╭─ Provided entries

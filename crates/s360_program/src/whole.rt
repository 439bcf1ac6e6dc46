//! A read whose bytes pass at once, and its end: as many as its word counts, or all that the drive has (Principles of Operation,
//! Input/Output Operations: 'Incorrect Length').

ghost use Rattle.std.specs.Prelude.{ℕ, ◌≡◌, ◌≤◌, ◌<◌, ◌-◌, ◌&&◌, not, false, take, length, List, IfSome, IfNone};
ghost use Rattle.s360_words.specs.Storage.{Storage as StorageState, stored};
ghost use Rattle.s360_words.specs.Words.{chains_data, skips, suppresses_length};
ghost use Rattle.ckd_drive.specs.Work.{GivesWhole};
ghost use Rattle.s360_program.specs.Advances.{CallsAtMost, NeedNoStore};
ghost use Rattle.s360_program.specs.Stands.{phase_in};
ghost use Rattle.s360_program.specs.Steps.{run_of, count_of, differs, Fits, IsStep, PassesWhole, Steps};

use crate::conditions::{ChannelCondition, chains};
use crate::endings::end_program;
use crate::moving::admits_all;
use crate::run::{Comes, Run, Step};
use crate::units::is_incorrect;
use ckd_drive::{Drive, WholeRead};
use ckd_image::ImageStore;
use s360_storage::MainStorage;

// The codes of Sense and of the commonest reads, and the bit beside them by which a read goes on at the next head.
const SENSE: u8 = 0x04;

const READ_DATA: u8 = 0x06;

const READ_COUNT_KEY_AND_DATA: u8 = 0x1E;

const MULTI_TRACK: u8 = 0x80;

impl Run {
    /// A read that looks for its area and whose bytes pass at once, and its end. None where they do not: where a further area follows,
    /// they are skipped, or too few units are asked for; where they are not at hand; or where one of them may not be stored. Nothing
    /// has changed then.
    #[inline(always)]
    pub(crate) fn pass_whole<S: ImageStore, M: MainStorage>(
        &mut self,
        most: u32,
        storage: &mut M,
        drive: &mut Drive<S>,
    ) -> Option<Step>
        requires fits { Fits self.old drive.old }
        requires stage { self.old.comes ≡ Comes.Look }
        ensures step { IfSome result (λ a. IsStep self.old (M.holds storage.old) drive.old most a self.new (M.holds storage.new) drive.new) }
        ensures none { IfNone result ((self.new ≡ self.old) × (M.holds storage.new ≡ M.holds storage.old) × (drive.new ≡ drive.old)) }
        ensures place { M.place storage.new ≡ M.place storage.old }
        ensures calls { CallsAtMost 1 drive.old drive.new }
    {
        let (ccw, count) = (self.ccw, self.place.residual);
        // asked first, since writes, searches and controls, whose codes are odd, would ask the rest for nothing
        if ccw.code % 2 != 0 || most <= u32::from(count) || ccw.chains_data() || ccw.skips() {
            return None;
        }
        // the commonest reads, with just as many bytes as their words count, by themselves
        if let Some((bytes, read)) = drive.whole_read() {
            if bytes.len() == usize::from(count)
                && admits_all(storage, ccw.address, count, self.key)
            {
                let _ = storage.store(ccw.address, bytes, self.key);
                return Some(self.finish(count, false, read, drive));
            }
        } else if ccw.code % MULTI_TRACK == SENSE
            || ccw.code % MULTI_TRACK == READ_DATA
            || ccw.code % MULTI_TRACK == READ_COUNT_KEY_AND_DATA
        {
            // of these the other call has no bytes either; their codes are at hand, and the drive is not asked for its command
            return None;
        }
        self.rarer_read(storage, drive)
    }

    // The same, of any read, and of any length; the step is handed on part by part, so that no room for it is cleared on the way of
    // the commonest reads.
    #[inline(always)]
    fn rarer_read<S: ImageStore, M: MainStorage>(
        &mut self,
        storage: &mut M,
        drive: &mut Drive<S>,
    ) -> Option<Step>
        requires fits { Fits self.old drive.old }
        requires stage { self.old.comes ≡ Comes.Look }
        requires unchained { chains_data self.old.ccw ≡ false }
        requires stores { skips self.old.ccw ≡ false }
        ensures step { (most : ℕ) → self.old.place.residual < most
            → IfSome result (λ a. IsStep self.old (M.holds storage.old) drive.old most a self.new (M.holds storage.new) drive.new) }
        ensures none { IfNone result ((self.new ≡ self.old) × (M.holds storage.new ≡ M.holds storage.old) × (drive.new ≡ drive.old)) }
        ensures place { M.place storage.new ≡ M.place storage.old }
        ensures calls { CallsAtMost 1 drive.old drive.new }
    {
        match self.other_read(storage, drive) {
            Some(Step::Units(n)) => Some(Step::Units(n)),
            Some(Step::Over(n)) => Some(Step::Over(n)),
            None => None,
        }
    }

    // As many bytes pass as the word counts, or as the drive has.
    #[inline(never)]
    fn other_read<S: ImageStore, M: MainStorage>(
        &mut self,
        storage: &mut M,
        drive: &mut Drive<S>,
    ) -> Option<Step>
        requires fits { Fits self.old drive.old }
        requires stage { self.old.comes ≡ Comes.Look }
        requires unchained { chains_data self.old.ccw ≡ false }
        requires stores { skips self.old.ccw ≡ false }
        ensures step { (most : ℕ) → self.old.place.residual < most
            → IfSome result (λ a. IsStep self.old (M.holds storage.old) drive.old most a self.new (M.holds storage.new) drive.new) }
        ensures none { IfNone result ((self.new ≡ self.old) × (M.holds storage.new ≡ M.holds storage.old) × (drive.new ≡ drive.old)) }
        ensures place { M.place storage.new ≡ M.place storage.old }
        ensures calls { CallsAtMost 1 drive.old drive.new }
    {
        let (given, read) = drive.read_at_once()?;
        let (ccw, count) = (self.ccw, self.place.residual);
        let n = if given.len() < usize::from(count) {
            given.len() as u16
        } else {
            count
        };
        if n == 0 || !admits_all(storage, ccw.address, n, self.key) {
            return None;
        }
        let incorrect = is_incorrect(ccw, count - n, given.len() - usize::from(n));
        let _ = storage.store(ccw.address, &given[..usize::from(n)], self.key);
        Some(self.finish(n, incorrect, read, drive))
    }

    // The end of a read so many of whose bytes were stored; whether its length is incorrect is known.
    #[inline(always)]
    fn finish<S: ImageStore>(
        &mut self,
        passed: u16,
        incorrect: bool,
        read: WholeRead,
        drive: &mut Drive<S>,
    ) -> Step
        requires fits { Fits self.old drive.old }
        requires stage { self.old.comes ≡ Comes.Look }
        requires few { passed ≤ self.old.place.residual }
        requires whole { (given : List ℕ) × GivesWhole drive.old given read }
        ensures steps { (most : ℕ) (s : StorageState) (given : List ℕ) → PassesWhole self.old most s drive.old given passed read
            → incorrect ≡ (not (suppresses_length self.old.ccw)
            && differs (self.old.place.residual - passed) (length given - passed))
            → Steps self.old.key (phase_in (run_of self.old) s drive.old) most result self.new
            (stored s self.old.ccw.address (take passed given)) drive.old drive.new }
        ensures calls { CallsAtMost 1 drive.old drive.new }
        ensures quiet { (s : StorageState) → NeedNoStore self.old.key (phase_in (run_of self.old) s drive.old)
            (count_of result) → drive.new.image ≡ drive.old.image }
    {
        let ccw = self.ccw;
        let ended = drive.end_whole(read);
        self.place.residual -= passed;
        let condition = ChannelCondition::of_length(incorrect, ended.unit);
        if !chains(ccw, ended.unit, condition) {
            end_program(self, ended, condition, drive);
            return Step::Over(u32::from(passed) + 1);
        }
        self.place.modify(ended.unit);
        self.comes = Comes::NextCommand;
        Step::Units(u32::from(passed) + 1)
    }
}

╰─

Exercise | Could you set down each entry above word for word?

Output of the exercise |
filename crates/s360_program/src/whole.rt
repository 439bcf1ac6e6dc46
//! A read whose bytes pass at once, and its end: as many as its word counts, or all that the drive has (Principles of Operation,
//! Input/Output Operations: 'Incorrect Length').

ghost use Rattle.std.specs.Prelude.{ℕ, ◌≡◌, ◌≤◌, ◌<◌, ◌-◌, ◌&&◌, not, false, take, length, List, IfSome, IfNone};
ghost use Rattle.s360_words.specs.Storage.{Storage as StorageState, stored};
ghost use Rattle.s360_words.specs.Words.{chains_data, skips, suppresses_length};
ghost use Rattle.ckd_drive.specs.Work.{GivesWhole};
ghost use Rattle.s360_program.specs.Advances.{CallsAtMost, NeedNoStore};
ghost use Rattle.s360_program.specs.Stands.{phase_in};
ghost use Rattle.s360_program.specs.Steps.{run_of, count_of, differs, Fits, IsStep, PassesWhole, Steps};

use crate::conditions::{ChannelCondition, chains};
use crate::endings::end_program;
use crate::moving::admits_all;
use crate::run::{Comes, Run, Step};
use crate::units::is_incorrect;
use ckd_drive::{Drive, WholeRead};
use ckd_image::ImageStore;
use s360_storage::MainStorage;

// The codes of Sense and of the commonest reads, and the bit beside them by which a read goes on at the next head.
const SENSE: u8 = 0x04;

const READ_DATA: u8 = 0x06;

const READ_COUNT_KEY_AND_DATA: u8 = 0x1E;

const MULTI_TRACK: u8 = 0x80;

impl Run {
    /// A read that looks for its area and whose bytes pass at once, and its end. None where they do not: where a further area follows,
    /// they are skipped, or too few units are asked for; where they are not at hand; or where one of them may not be stored. Nothing
    /// has changed then.
    #[inline(always)]
    pub(crate) fn pass_whole<S: ImageStore, M: MainStorage>(
        &mut self,
        most: u32,
        storage: &mut M,
        drive: &mut Drive<S>,
    ) -> Option<Step>
        requires fits { Fits self.old drive.old }
        requires stage { self.old.comes ≡ Comes.Look }
        ensures step { IfSome result (λ a. IsStep self.old (M.holds storage.old) drive.old most a self.new (M.holds storage.new) drive.new) }
        ensures none { IfNone result ((self.new ≡ self.old) × (M.holds storage.new ≡ M.holds storage.old) × (drive.new ≡ drive.old)) }
        ensures place { M.place storage.new ≡ M.place storage.old }
        ensures calls { CallsAtMost 1 drive.old drive.new }
    {
        let (ccw, count) = (self.ccw, self.place.residual);
        // asked first, since writes, searches and controls, whose codes are odd, would ask the rest for nothing
        if ccw.code % 2 != 0 || most <= u32::from(count) || ccw.chains_data() || ccw.skips() {
            return None;
        }
        // the commonest reads, with just as many bytes as their words count, by themselves
        if let Some((bytes, read)) = drive.whole_read() {
            if bytes.len() == usize::from(count)
                && admits_all(storage, ccw.address, count, self.key)
            {
                let _ = storage.store(ccw.address, bytes, self.key);
                return Some(self.finish(count, false, read, drive));
            }
        } else if ccw.code % MULTI_TRACK == SENSE
            || ccw.code % MULTI_TRACK == READ_DATA
            || ccw.code % MULTI_TRACK == READ_COUNT_KEY_AND_DATA
        {
            // of these the other call has no bytes either; their codes are at hand, and the drive is not asked for its command
            return None;
        }
        self.rarer_read(storage, drive)
    }

    // The same, of any read, and of any length; the step is handed on part by part, so that no room for it is cleared on the way of
    // the commonest reads.
    #[inline(always)]
    fn rarer_read<S: ImageStore, M: MainStorage>(
        &mut self,
        storage: &mut M,
        drive: &mut Drive<S>,
    ) -> Option<Step>
        requires fits { Fits self.old drive.old }
        requires stage { self.old.comes ≡ Comes.Look }
        requires unchained { chains_data self.old.ccw ≡ false }
        requires stores { skips self.old.ccw ≡ false }
        ensures step { (most : ℕ) → self.old.place.residual < most
            → IfSome result (λ a. IsStep self.old (M.holds storage.old) drive.old most a self.new (M.holds storage.new) drive.new) }
        ensures none { IfNone result ((self.new ≡ self.old) × (M.holds storage.new ≡ M.holds storage.old) × (drive.new ≡ drive.old)) }
        ensures place { M.place storage.new ≡ M.place storage.old }
        ensures calls { CallsAtMost 1 drive.old drive.new }
    {
        match self.other_read(storage, drive) {
            Some(Step::Units(n)) => Some(Step::Units(n)),
            Some(Step::Over(n)) => Some(Step::Over(n)),
            None => None,
        }
    }

    // As many bytes pass as the word counts, or as the drive has.
    #[inline(never)]
    fn other_read<S: ImageStore, M: MainStorage>(
        &mut self,
        storage: &mut M,
        drive: &mut Drive<S>,
    ) -> Option<Step>
        requires fits { Fits self.old drive.old }
        requires stage { self.old.comes ≡ Comes.Look }
        requires unchained { chains_data self.old.ccw ≡ false }
        requires stores { skips self.old.ccw ≡ false }
        ensures step { (most : ℕ) → self.old.place.residual < most
            → IfSome result (λ a. IsStep self.old (M.holds storage.old) drive.old most a self.new (M.holds storage.new) drive.new) }
        ensures none { IfNone result ((self.new ≡ self.old) × (M.holds storage.new ≡ M.holds storage.old) × (drive.new ≡ drive.old)) }
        ensures place { M.place storage.new ≡ M.place storage.old }
        ensures calls { CallsAtMost 1 drive.old drive.new }
    {
        let (given, read) = drive.read_at_once()?;
        let (ccw, count) = (self.ccw, self.place.residual);
        let n = if given.len() < usize::from(count) {
            given.len() as u16
        } else {
            count
        };
        if n == 0 || !admits_all(storage, ccw.address, n, self.key) {
            return None;
        }
        let incorrect = is_incorrect(ccw, count - n, given.len() - usize::from(n));
        let _ = storage.store(ccw.address, &given[..usize::from(n)], self.key);
        Some(self.finish(n, incorrect, read, drive))
    }

    // The end of a read so many of whose bytes were stored; whether its length is incorrect is known.
    #[inline(always)]
    fn finish<S: ImageStore>(
        &mut self,
        passed: u16,
        incorrect: bool,
        read: WholeRead,
        drive: &mut Drive<S>,
    ) -> Step
        requires fits { Fits self.old drive.old }
        requires stage { self.old.comes ≡ Comes.Look }
        requires few { passed ≤ self.old.place.residual }
        requires whole { (given : List ℕ) × GivesWhole drive.old given read }
        ensures steps { (most : ℕ) (s : StorageState) (given : List ℕ) → PassesWhole self.old most s drive.old given passed read
            → incorrect ≡ (not (suppresses_length self.old.ccw)
            && differs (self.old.place.residual - passed) (length given - passed))
            → Steps self.old.key (phase_in (run_of self.old) s drive.old) most result self.new
            (stored s self.old.ccw.address (take passed given)) drive.old drive.new }
        ensures calls { CallsAtMost 1 drive.old drive.new }
        ensures quiet { (s : StorageState) → NeedNoStore self.old.key (phase_in (run_of self.old) s drive.old)
            (count_of result) → drive.new.image ≡ drive.old.image }
    {
        let ccw = self.ccw;
        let ended = drive.end_whole(read);
        self.place.residual -= passed;
        let condition = ChannelCondition::of_length(incorrect, ended.unit);
        if !chains(ccw, ended.unit, condition) {
            end_program(self, ended, condition, drive);
            return Step::Over(u32::from(passed) + 1);
        }
        self.place.modify(ended.unit);
        self.comes = Comes::NextCommand;
        Step::Units(u32::from(passed) + 1)
    }
}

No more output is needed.